Saying goodbye to the contractors for the day, Casey settled herself in a big, cushiony chair in her grandfather’s study, one of her favourite rooms in the manor. One day, Casey was determined to turn one of the other rooms in the house into a library of her own, complete with floor-to-ceiling books like in her grandfather’s study.
The locked antique box was sterling silver. She admired the intricate flower pattern inlay of the heavy box. Shaking it lightly, she heard the rattling of metal and other things inside.
Casey carefully jiggled a thin letter opener in the box’s lock until she heard it click.
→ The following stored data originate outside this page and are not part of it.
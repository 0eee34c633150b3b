ghost use Rattle.std.specs.Prelude.{◌≡◌, ◌<◌, ◌≤◌, ◌+◌, length, set, [], ◌∷◌, OnOk, OnErr, IfOk, IfErr, IsTrue, IsOk, MatchOption};
ghost use Rattle.em_record.specs.Count.{Rose};
ghost use Rattle.em_frames.specs.Device.{block_at};
ghost use Rattle.em_space.specs.Free.{header};
ghost use Rattle.em_space.specs.Rig.{Sound, InUse, Goes, DeviceCause, Owes, SameBlocks, MovesToRelease};
ghost use Rattle.em_space.specs.Held.{Holds};
ghost use Rattle.em_space.specs.Seen.{seen};
ghost use Rattle.em_cell.specs.Calls.{MovesOne, MakesCell, TakesBlock, NeedsBlock, Ends};
ghost use Rattle.em_cell.specs.Cell.{HasMark, IsCell, Keeps, blocks_of, cell_header, value};

use em_frames::{Device, Frame};
use em_record::Record;
use em_space::{EmFault, Rig};

/// The mark of a cell, in the word c of its block's first record.
const MARK: u64 = 4;

/// Lays a number out in a frame.
pub(crate) fn lay_out(frame: &mut Frame, number: u64)
    requires { 0 < length frame.old }
    ensures { frame.new ≡ set frame.old 0 (cell_header number) }
{
    frame.records_mut()[0] = Record {
        a: number,
        b: 0,
        c: MARK,
        d: 0,
    };
}

/// The number that a block's first record has, where it has the mark.
fn number_of(first: Record) -> Option<u64>
    ensures { MatchOption result (HasMark first → ⊥)
        (λ number. HasMark first × (number ≡ first.a)) }
{
    if first.c == MARK { Some(first.a) } else { None }
}

/// Stores a number in a block in use, by one move.
fn store_number<D: Device>(rig: &mut Rig<'_, D>, block: u64, number: u64) -> Result<(), EmFault>
    requires sound { Sound (seen D.state rig.old) }
    requires in_use { InUse (seen D.state rig.old) block }
    requires free { 0 < (seen D.state rig.old).pool.free }
    ensures goes { Goes (block ∷ []) (seen D.state rig.old) (seen D.state rig.new) }
    ensures moved { MovesOne (seen D.state rig.old) (seen D.state rig.new) }
    ensures in_use { InUse (seen D.state rig.new) block }
    ensures stored { OnOk result (IsTrue (seen D.state rig.new).device.told
        → header (block_at (seen D.state rig.new).device block) ≡ cell_header number) }
    ensures cause { IfErr result (DeviceCause (seen D.state rig.old) (seen D.state rig.new)) }
{
    let mut frame = rig.lend();
    lay_out(&mut frame, number);
    let stored = rig.store(block, &frame);
    rig.give(frame);
    stored
}

/// A number that is kept in a block of a rig's device. It holds no frame.
#[derive(Debug, PartialEq, Eq, Drop)]
pub struct Cell {
    pub(crate) block: u64,
}

impl Cell {
    /// A cell of this number in a new block: one move, and at most one more where the block was in use
    /// before. After a fault the block may be in use, and no cell holds it.
    ///
    /// `Full` comes exactly if all blocks are in use, `Damaged` where the first of the freed
    /// blocks isn't laid out as one.
    pub fn new<D: Device>(rig: &mut Rig<'_, D>, number: u64) -> Result<Cell, EmFault>
        requires sound { Sound (seen D.state rig.old) }
        requires free { 0 < (seen D.state rig.old).pool.free }
        ensures makes { MakesCell number (seen D.state rig.old) (seen D.state rig.new) result }
        ensures takes { TakesBlock (seen D.state rig.old) (seen D.state rig.new) result }
        ensures moves { (seen D.state rig.new).moves ≤ (seen D.state rig.old).moves + 2 }
        ensures owes { Owes 1 (seen D.state rig.old) (seen D.state rig.new) }
    {
        let block = rig.alloc()?;
        store_number(rig, block, number)?;
        Ok(Cell { block })
    }

    /// The number, by one move.
    ///
    /// `Damaged` comes where the cell's block doesn't have the mark, and never over a device that
    /// tells what it holds.
    pub fn get<D: Device>(&self, rig: &mut Rig<'_, D>) -> Result<u64, EmFault>
        requires sound { Sound (seen D.state rig.old) }
        requires is { IsCell (seen D.state rig.old) self.now }
        requires free { 0 < (seen D.state rig.old).pool.free }
        ensures goes { Goes [] (seen D.state rig.old) (seen D.state rig.new) }
        ensures moved { MovesOne (seen D.state rig.old) (seen D.state rig.new) }
        ensures number { IfOk result (λ n. IsTrue (seen D.state rig.old).device.told
            → n ≡ value (seen D.state rig.old) self.now) }
        ensures needs { NeedsBlock self.now (seen D.state rig.old) (seen D.state rig.new) result }
        ensures owes { Owes 0 (seen D.state rig.old) (seen D.state rig.new) }
    {
        let mut frame = rig.lend();
        let loaded = rig.load(self.block, &mut frame);
        let first = frame.records()[0];
        rig.give(frame);
        loaded?;
        match number_of(first) {
            Some(number) => Ok(number),
            None => Err(EmFault::Damaged { block: self.block }),
        }
    }

    /// Keeps this number from now on, by one move. After a fault the block may hold anything.
    pub fn set<D: Device>(&mut self, rig: &mut Rig<'_, D>, number: u64) -> Result<(), EmFault>
        requires sound { Sound (seen D.state rig.old) }
        requires is { IsCell (seen D.state rig.old) self.old }
        requires free { 0 < (seen D.state rig.old).pool.free }
        ensures goes { Goes (blocks_of self.old) (seen D.state rig.old) (seen D.state rig.new) }
        ensures moved { MovesOne (seen D.state rig.old) (seen D.state rig.new) }
        ensures keeps { OnOk result (Keeps (seen D.state rig.new) number self.new) }
        ensures blocks { blocks_of self.new ≡ blocks_of self.old }
        ensures holds { Holds (seen D.state rig.new) (blocks_of self.new) }
        ensures complete { (Rose (seen D.state rig.old).device.faults
            (seen D.state rig.new).device.faults → ⊥) → IsOk result }
        ensures cause { IfErr result (DeviceCause (seen D.state rig.old) (seen D.state rig.new)) }
        ensures owes { Owes 0 (seen D.state rig.old) (seen D.state rig.new) }
    {
        store_number(rig, self.block, number)
    }

    /// Gives the block back, by one move at most. After a fault it is still in use.
    pub fn end<D: Device>(self, rig: &mut Rig<'_, D>) -> Result<(), EmFault>
        requires sound { Sound (seen D.state rig.old) }
        requires is { IsCell (seen D.state rig.old) self }
        requires free { 0 < (seen D.state rig.old).pool.free }
        ensures goes { Goes (blocks_of self) (seen D.state rig.old) (seen D.state rig.new) }
        ensures holds { OnErr result (Holds (seen D.state rig.new) (blocks_of self)) }
        ensures ended { OnOk result (Ends (seen D.state rig.old) (seen D.state rig.new) self) }
        ensures same { OnErr result (SameBlocks (seen D.state rig.old) (seen D.state rig.new)) }
        ensures most { (seen D.state rig.new).most ≡ (seen D.state rig.old).most }
        ensures moves { MovesToRelease (seen D.state rig.old) (seen D.state rig.new) }
        ensures needs { NeedsBlock self (seen D.state rig.old) (seen D.state rig.new) result }
        ensures owes { Owes 0 (seen D.state rig.old) (seen D.state rig.new) }
    {
        let Cell { block } = self;
        rig.release(block)
    }
}
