//! Whether a tree is as small as its records allow: no leaf but an only one has fewer than w·B records, no node below the root
//! fewer than f entries, and a root above level 1 has two.
//!
//! Each node stands in a frame while its children are looked at.

ghost use Rattle.std.specs.Prelude.{◌≡◌, ◌↔◌, ◌<◌, ◌≤◌, ◌*◌, length, IsTrue};
ghost use Rattle.em_record.specs.Shape.{fan_of};
ghost use Rattle.em_frames.specs.Pool.{load_of};
ghost use Rattle.em_node.specs.Node.{IsNode, IsNodeBlock, entries_of};
ghost use Rattle.em_space.specs.Rig.{Sound};
ghost use Rattle.em_space.specs.Seen.{seen};
ghost use Rattle.em_tree_unload.specs.Unloading.{CanUnload};
ghost use Rattle.em_tree_trim.specs.Finding.{CanLook, CanLookBelow, FindsBelow, FindsTree};
ghost use Rattle.em_tree_trim.specs.Looking.{Looks};

use em_chain::Chain;
use em_frames::{Device, Frame};
use em_node::count;
use em_record::Shape;
use em_space::{EmFault, Rig};
use em_tree_load::read_leaf;
use em_tree_walk::{Root, child_in, load_node};

/// Whether a tree, in which nothing waits, is trim. Each node is read, and each leaf's block, up to the first one that is short.
/// Nothing is changed.
///
/// `Full` never comes. `DeviceFault` comes only if the device's count of faults rose, and `Damaged` only over a device that
/// doesn't tell. All frames are back on each way out.
pub fn is_trim<D: Device>(rig: &mut Rig<'_, D>, root: Root) -> Result<bool, EmFault>
    requires sound { Sound (seen D.state rig.old) }
    requires can { CanUnload (seen D.state rig.old) root }
    requires free { root.level < (seen D.state rig.old).pool.free }
    ensures { Looks (seen D.state rig.old) (seen D.state rig.new) root result }
{
    let mut frame = rig.lend();
    let trim = is_root_trim(rig, root, &mut frame);
    rig.give(frame);
    trim
}

/// The same with a frame.
fn is_root_trim<D: Device>(
    rig: &mut Rig<'_, D>,
    root: Root,
    frame: &mut Frame,
) -> Result<bool, EmFault>
    requires sound { Sound (seen D.state rig.old) }
    requires above { 0 < root.level }
    requires can { CanLook (seen D.state rig.old) root.level root.block }
    requires free { root.level ≤ (seen D.state rig.old).pool.free }
    requires len { length frame.old ≡ (seen D.state rig.old).pool.shape.block }
    ensures len { length frame.new ≡ length frame.old }
    ensures looks { Looks (seen D.state rig.old) (seen D.state rig.new) root result }
{
    load_node(rig, root.block, root.level, frame)?;
    if count(frame) == 1 {
        return Ok(is_lowest(root.level));
    }
    are_children_trim(rig, root.level - 1, frame)
}

/// Whether a level is that of nodes over leaves.
fn is_lowest(level: u64) -> bool
    ensures { IsTrue result ↔ (level ≡ 1) }
{
    level == 1
}

/// Whether all children of a node, which is in a frame, are trim: trees of the level below it.
#[cycle(look)]
fn are_children_trim<D: Device>(
    rig: &mut Rig<'_, D>,
    below: u64,
    frame: &Frame,
) -> Result<bool, EmFault>
    requires sound { Sound (seen D.state rig.old) }
    requires node { IsNodeBlock (2 * fan_of (seen D.state rig.old).pool.shape)
        (seen D.state rig.old).blocks frame.now }
    requires can { IsTrue (seen D.state rig.old).device.told
        → CanLookBelow below (seen D.state rig.old) (entries_of frame.now) }
    requires free { below < (seen D.state rig.old).pool.free }
    ensures { FindsBelow (seen D.state rig.old) (seen D.state rig.new) below (entries_of frame.now) result }
{
    for at in 0..count(frame) {
        if !is_child_trim(rig, child_in(frame, at), below)? {
            return Ok(false);
        }
    }
    Ok(true)
}

/// Whether a leaf has w·B records or more, or a node of a level f entries or more, and trim children.
#[cycle(look)]
fn is_child_trim<D: Device>(rig: &mut Rig<'_, D>, block: u64, level: u64) -> Result<bool, EmFault>
    requires sound { Sound (seen D.state rig.old) }
    requires can { CanLook (seen D.state rig.old) level block }
    requires free { level < (seen D.state rig.old).pool.free }
    ensures { FindsTree (seen D.state rig.old) (seen D.state rig.new) level block result }
{
    if level == 0 {
        return is_leaf_trim(rig, block);
    }
    let mut frame = rig.lend();
    let trim = is_node_trim(rig, block, level, &mut frame);
    rig.give(frame);
    trim
}

/// The same of a node, with a frame.
#[cycle(look)]
fn is_node_trim<D: Device>(
    rig: &mut Rig<'_, D>,
    block: u64,
    level: u64,
    frame: &mut Frame,
) -> Result<bool, EmFault>
    requires sound { Sound (seen D.state rig.old) }
    requires can { CanLook (seen D.state rig.old) level block }
    requires above { 0 < level }
    requires free { level ≤ (seen D.state rig.old).pool.free }
    requires len { length frame.old ≡ (seen D.state rig.old).pool.shape.block }
    ensures len { length frame.new ≡ length frame.old }
    ensures finds { FindsTree (seen D.state rig.old) (seen D.state rig.new) level block result }
{
    load_node(rig, block, level, frame)?;
    if !is_fat(frame, &rig.shape()) {
        return Ok(false);
    }
    are_children_trim(rig, level - 1, frame)
}

/// Whether a node has f entries or more.
fn is_fat(frame: &Frame, shape: &Shape) -> bool
    requires { IsNode frame.now }
    ensures { IsTrue result ↔ (fan_of shape.now ≤ length (entries_of frame.now)) }
{
    shape.fan() <= count(frame) as u64
}

/// The same of a leaf.
fn is_leaf_trim<D: Device>(rig: &mut Rig<'_, D>, leaf: u64) -> Result<bool, EmFault>
    requires sound { Sound (seen D.state rig.old) }
    requires can { CanLook (seen D.state rig.old) 0 leaf }
    requires free { 0 < (seen D.state rig.old).pool.free }
    ensures { FindsTree (seen D.state rig.old) (seen D.state rig.new) 0 leaf result }
{
    let stored = read_leaf(rig, leaf)?;
    Ok(is_long(&stored, &rig.shape()))
}

/// Whether a leaf with these records isn't short.
fn is_long(stored: &Chain, shape: &Shape) -> bool
    ensures { IsTrue result ↔ (load_of shape.now ≤ stored.now.count) }
{
    shape.wide() * shape.block() <= stored.len()
}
Putting aside the letter opener, she reverently opened the box, unconsciously holding her breath, not knowing what to expect. At first glance, she saw loose papers and two small velvet bags. She took them out to find four slim notebooks that appeared to be old passports. Lists of names and corresponding numbers, and amounts filled the other notebooks.

Her eyes widened at the sight of gold bars lining the box. No wonder the box was so heavy. Examining one of the bars, she noticed an emblem imprinted on it. Her breath caught in her throat. It was a swastika, indicating the gold bars belonged to the Nazis in World War II. She hefted one in her hand, wondering how her grandfather came to have Nazi gold.
Casey put what she looked at back into the box, except the small blue velvet bags. She opened one, shaking the contents into her palm. A couple of dozen not-so-small gems twinkled in the light. There appeared to be different coloured diamonds, sapphires, emeralds, and a few small rubies. She gasped at the sight. Shaking with shocked caution, she poured the gems back into the blue velvet bag, made sure it was closed tightly, and put it back in the box.
She opened the other small blue velvet bag and emptied the contents into her hand. She fingered through what appeared to be war medals, none of which she recognized. Her grandfather had never mentioned being in any war, making Casey wonder where they came from.
Her hands still shaking, she picked up the loose papers and began going through them. She found her grandparents’ American birth certificates. She also found German birth certificates whose dates matched her grandparents’ in the names Sophia Wagner and Franz Schmidt.
Casey sat back, confused. After obtaining her birth certificate, she used a magnifying glass she had discovered on the study desk to compare it to the two American birth certificates from the box.
Upon close inspection, Casey found discrepancies between her birth certificate and the American ones she’d found in the box. Even yellowed with age, Casey could see the watermark on her birth certificate was missing from the other two, but otherwise, they seemed identical. If they were forgeries like she believed, they were excellent.

Pulling out the notebooks, she found four passports; two with her grandparents’ forged names and two with their original names. The other notebooks appeared to be lists of people with numerical amounts written in German in her grandfather’s handwriting. She put that aside for later perusal, looking through the other loose documents. She found her grandparents’ American marriage certificate in addition to what appeared to be a German wedding certificate with what she assumed were her grandparents’ German names.
Casey unfolded what appeared to be a letter. She was about to put it aside with the other documents when she noticed the signature at the bottom. Adolf Hitler. She dropped the paper on the desk as though it were on fire.
Hitler? Her grandfather, whom she assumed was “Franz,” had a letter signed by Hitler. Why? What did it say? The documents indicated her grandparents had been Germans who had contact with Hitler during World War II.
Never would she have believed her grandfather was a Nazi. But the evidence was in front of her.